Find the spectral decompostion of
$$
A=

\begin{matrix}
1 & 0 & 0\\
-1 & 1 & 1 \\
-1 & 0 & 2
\end{matrix}
$$
and use this to find $$ 2^{A} $$

Homework Equations

The Attempt at a Solution

I have found the eigenvalues to be : $$ \lambda_{1}=1 \text{ and } \lambda_{2}=2 $$

My textbook (matrices and linear transformations, Cullen) uses lagrange polynomials to find the spectral projectors:
$$
h_{1}(x)=\frac{x-2}{1-2}=-(x-2)\\
h_{2}(x)=\frac{x-1}{2-1}=(x-2)\\

E_{1}=h_{1}(A)\\

E_{2}=h_{2}(A)\\

\therefore A=E_{1}+2E_{2}

$$
However I now need to use this to solve for $$ 2^{A} $$
I think I need to write $$ 2^{x} $$ as an infinite series, but I am not sure how to do this.

 

[Dick]

You know how to write $e^A$ as an infinite series, right? $2^A=e^{A \log 2}$

 

[syj]

The textbook I am using says:
$$f(A)=\sum_{i=0}^{t}f(\lambda_{i})E_{i}$$

I still don't understand how to put everything together to get the answer. :(

 

[syj]

After much puzzling, I believe I have the answer:

$$2^{A}=2E_{1}+2^{2}E_{2}$$

where I have found
$$E_{1}=\begin{bmatrix} 1&0&0\\1&1& \-1\\1&0&0\end{bmatrix}$$

$$E_{2}=\begin{bmatrix}0&0&0\\-1&0&1\\-1&0&1\end{bmatrix}$$

so I have
$$2^{A}=\begin{bmatrix} 2&0&0\\\-2&2&2\\\-2&0&4\end{bmatrix}$$

 

[Ray Vickson]

After much puzzling, I believe I have the answer:

$$2^{A}=2E_{1}+2^{2}E_{2}$$

where I have found
$$E_{1}=\begin{bmatrix} 1&0&0\\1&1& \-1\\1&0&0\end{bmatrix}$$

$$E_{2}=\begin{bmatrix}0&0&0\\-1&0&1\\-1&0&1\end{bmatrix}$$

so I have
$$2^{A}=\begin{bmatrix} 2&0&0\\\-2&2&2\\\-2&0&4\end{bmatrix}$$

Why did it require much puzzling?
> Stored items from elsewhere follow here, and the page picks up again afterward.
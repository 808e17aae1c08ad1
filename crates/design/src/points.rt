// Points: plots that no column parts are taken together. Where there are few, the plot family is closed on one plot of each point:
// infimum, supremum and numbers of classes are the same there. Only E is not a column of points.
ghost use Rattle.std.specs.Prelude.{◌≡◌, true, List, ℕ, ◌≤◌, ◌<◌, length, get_or, take};
ghost use Rattle.rules.specs.Limits.{most_plots, most_members, family_bytes};
ghost use Rattle.rules.specs.Factor.{Column, Finer, number, classes, infimum, universal, equality};
ghost use Rattle.rules.specs.Family.{◌∈◌, Distinct, members_of};
ghost use Rattle.design.specs.State.{column_at, Held, Begun};
ghost use Rattle.design.specs.Judging.{Listing};
ghost use Rattle.design.specs.Points.{Points, Ranged, points_on_plots, Gathered};

use crate::closed::{ClosedFamily, close_family};
use crate::closing::{PAIRS, close};
use crate::columns::equality;
use crate::store::{grown, place, put, try_place};
use families::member;
use limits::{FAMILY, MEMBERS, PLOTS};

// Meets a column with what was met before it, in as many first bytes; answers how many classes there are.
pub fn meet(column: &[u8], points: &mut [u8; PLOTS]) -> usize
    requires { length column.now ≤ most_plots }
    ensures answer { result ≡ classes (infimum column.now (take (length column.now) points.old)) }
    ensures met { take (length column.now) points.new ≡ infimum column.now (take (length column.now) points.old) }
{
    let mut next = [0u8; PLOTS];
    let m = standing::infimum(column, points, &mut next);
    *points = next;
    m
}

// Numbers the points of all members but E, in the first `n` bytes of `points`, which are 1 before; answers how many there are.
pub fn meet_members(
    store: &[u8],
    counts: &[u8; MEMBERS],
    size: usize,
    n: usize,
    points: &mut [u8; PLOTS],
) -> usize
    requires { Held n store.now counts.now size × (take n points.old ≡ universal n) }
    ensures points { Points n result (take n points.new) }
    ensures coarser { (i : ℕ) → i < size → (get_or counts.now i 0 ≡ n → ⊥) → Finer n (take n points.new) (column_at n store.now i) }
{
    let mut m = 1;
    for (i, &k) in counts[..size].iter().enumerate() {
        if k as usize != n {
            m = meet(member(store, i, n), points);
        }
    }
    m
}

// Member `i` as a column of points.
fn gathered(store: &[u8], i: usize, n: usize, points: &[u8; PLOTS]) -> [u8; PLOTS]
    requires { (n ≤ most_plots) × (length store.now ≡ family_bytes) × (i < most_members) × Ranged n (take n points.now) × Finer n (take n points.now) (column_at n store.now i) }
    ensures { (length result ≡ most_plots) × (points_on_plots (take n points.now) result ≡ column_at n store.now i) }
{
    let mut column = [0u8; PLOTS];
    for (u, &label) in member(store, i, n).iter().enumerate() {
        let x = points[u] as usize - 1;
        column[x] = label;
    }
    column
}

// Member `i` of points as a column of plots.
fn spread(own: &[u8], i: usize, n: usize, points: &[u8; PLOTS]) -> [u8; PLOTS]
    requires { (n ≤ most_plots) × (length own.now ≡ family_bytes) × (i < most_members) × Ranged n (take n points.now) }
    ensures { take n result ≡ points_on_plots (take n points.now) (column_at most_plots own.now i) }
{
    let at = PLOTS * i;
    let mut column = [0u8; PLOTS];
    for (u, &point) in points[..n].iter().enumerate() {
        let x = point as usize - 1;
        column[u] = own[at + x];
    }
    column
}

// Writes the members of points as columns of plots.
pub fn spread_all(own: &[u8], size: usize, n: usize, points: &[u8; PLOTS], store: &mut [u8])
    requires { (n ≤ most_plots) × (length own.now ≡ family_bytes) × (length store.old ≡ family_bytes) × (size ≤ most_members) × Ranged n (take n points.now) }
    ensures room { length store.new ≡ family_bytes }
    ensures members { (i : ℕ) → i < size → column_at n store.new i ≡ points_on_plots (take n points.now) (column_at most_plots own.now i) }
{
    // `i` is a member's place in both stores.
    for i in 0..size {
        let column = spread(own, i, n, points);
        put(store, i, &column[..n]);
    }
}

// Gathers the members but E in a store of their own; answers how many they are.
pub fn gather_all(
    store: &[u8],
    counts: &[u8; MEMBERS],
    size: usize,
    n: usize,
    points: &[u8; PLOTS],
    m: usize,
    own: &mut [u8],
    own_counts: &mut [u8; MEMBERS],
) -> usize
    requires { Held n store.now counts.now size × Points n m (take n points.now) × Distinct (members_of n store.now size) × ((F : Column) → F ∈ members_of n store.now size → number F ≡ F) × ((i : ℕ) → i < size → (get_or counts.now i 0 ≡ n → ⊥) → Finer n (take n points.now) (column_at n store.now i)) × (length own.old ≡ family_bytes) × (length own_counts.old ≡ most_members) }
    ensures { Gathered n m (take n points.now) (members_of n store.now size) own.new own_counts.new result }
{
    let mut some = 0;
    for (i, &k) in counts[..size].iter().enumerate() {
        if k as usize != n {
            let column = gathered(store, i, n, points);
            let p = place(own, own_counts, some, &column[..m], k);
            some = grown(some, p);
        }
    }
    some
}

// Closes the plot family that starts from the first `start` members of a store, with E among them, on their `m` points, marks its pairs,
// and writes it in its order; none where it is too large.
pub fn close_points(
    store: &mut [u8],
    counts: &[u8; MEMBERS],
    marks: &mut [u8; PAIRS],
    start: usize,
    n: usize,
    points: &[u8; PLOTS],
    m: usize,
    family: &mut [u8],
) -> Option<ClosedFamily>
    requires { Begun n (members_of n store.old start) store.old counts.now start × (equality n ∈ members_of n store.old start) × Points n m (take n points.now) × (m < n) × ((i : ℕ) → i < start → (get_or counts.now i 0 ≡ n → ⊥) → Finer n (take n points.now) (column_at n store.old i)) × (length marks.old ≡ 1024) × (family_bytes ≤ length family.old) }
    ensures { (Gs : List Column) → Begun n Gs store.old counts.now start → Listing n true Gs family.old family.new marks.new result }
{
    let mut own = [0u8; FAMILY];
    let mut own_counts = [0u8; MEMBERS];
    let some = gather_all(
        store,
        counts,
        start,
        n,
        points,
        m,
        &mut own,
        &mut own_counts,
    );
    let size = close(&mut own, &mut own_counts, marks, some, 0, m, true)?;
    spread_all(&own, size, n, points, store);
    let column = equality(n);
    let p = try_place(store, &mut own_counts, size, &column[..n], n as u8)?;
    close_family(
        store,
        &mut own_counts,
        marks,
        grown(size, p),
        size,
        n,
        true,
        family,
    )
}
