// What a table is written from.
ghost use Rattle.table.specs.Found.{Whole};

use crate::names::Names;
use strata::Analysis;

// The number of plots, the names of the members of both families, and what was found for them.
#[derive(Clone, Copy)]
pub struct Skeleton<'a> {
    pub plots: usize,
    pub strata: &'a Names,
    pub sources: &'a Names,
    pub found: &'a Analysis,
    ghost whole: { Whole found.now },
}
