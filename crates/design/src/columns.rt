// The columns that a plot family starts from: U, E and the plot columns.
ghost use Rattle.std.specs.Prelude.{◌≡◌, List, [], ◌∷◌, ◌++◌, ◌+◌, ◌*◌, ◌≤◌, ◌<◌, length, take};
ghost use Rattle.rules.specs.Limits.{most_plots, most_members, table_cells, family_bytes};
ghost use Rattle.rules.specs.Factor.{Column, number, universal, equality};
ghost use Rattle.rules.specs.Family.{columns_from};
ghost use Rattle.rules.specs.Closing.{plot_generators};
ghost use Rattle.design.specs.State.{column_at, Held, Begun};

use crate::store::{grown, place};
use limits::{Level, MEMBERS, PLOTS};

// The equality factor on `n` plots.
pub fn equality(n: usize) -> [u8; PLOTS]
    requires { n ≤ most_plots }
    ensures { take n result ≡ equality n }
{
    factor::equality(n)
}

// Places U and E as the first members; answers how many they are.
fn place_extremes(store: &mut [u8], counts: &mut [u8; MEMBERS], n: usize) -> usize
    requires { (1 ≤ n) × (n ≤ most_plots) × (length store.old ≡ family_bytes) × (length counts.old ≡ most_members) }
    ensures { Begun n (universal n ∷ equality n ∷ []) store.new counts.new result }
{
    let ones = [1u8; PLOTS];
    place(store, counts, 0, &ones[..n], 1);
    let column = equality(n);
    let p = place(store, counts, 1, &column[..n], n as u8);
    grown(1, p)
}

// Places a column of the level table, numbered.
fn place_column(
    levels: &[Level],
    c: usize,
    store: &mut [u8],
    counts: &mut [u8; MEMBERS],
    size: usize,
    n: usize,
) -> usize
    requires { Held n store.old counts.old size × (size < most_members) × (most_plots * c + most_plots ≤ length levels.now) }
    ensures kept { Held n store.new counts.new result × (result ≤ size + 1) }
    ensures begun { (As : List Column) → Begun n As store.old counts.old size → Begun n (As ++ number (column_at n levels.now c) ∷ []) store.new counts.new result }
{
    let mut column = [0u8; PLOTS];
    let k = levels::column_numbers(levels, c, n, &mut column);
    let p = place(store, counts, size, &column[..n], k as u8);
    grown(size, p)
}

// Places U, E and the plot columns, numbered; answers how many members they make.
pub fn place_plot_columns(
    levels: &[Level],
    c: usize,
    store: &mut [u8],
    counts: &mut [u8; MEMBERS],
    n: usize,
) -> usize
    requires { (1 ≤ n) × (n ≤ most_plots) × (c ≤ 6) × (table_cells ≤ length levels.now) × (length store.old ≡ family_bytes) × (length counts.old ≡ most_members) }
    ensures { Begun n (plot_generators n (columns_from n levels.now 0 c)) store.new counts.new result }
{
    let mut size = place_extremes(store, counts, n);
    // `j` is the number of a column of the level table, which is lent whole.
    for j in 0..c {
        size = place_column(levels, j, store, counts, size, n);
    }
    size
}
You gave the answer in a previous post:
$$f(A) = f(\lambda_1) E_1 + f(\lambda_2) E2,$$
and f(x) = 2^x.

RGV

 

[syj]

ha ha , it required puzzling, because I knew that
$$p(x)=\sum_{i=1}^{n}p(\lambda_{i})h_{i}(x)$$
would have to be such that
$$p(A)=2^{A}$$
but because of a silly mistake of writing a 0 instead of a 1, I was not getting that conclusion and so thought all my work was incorrect.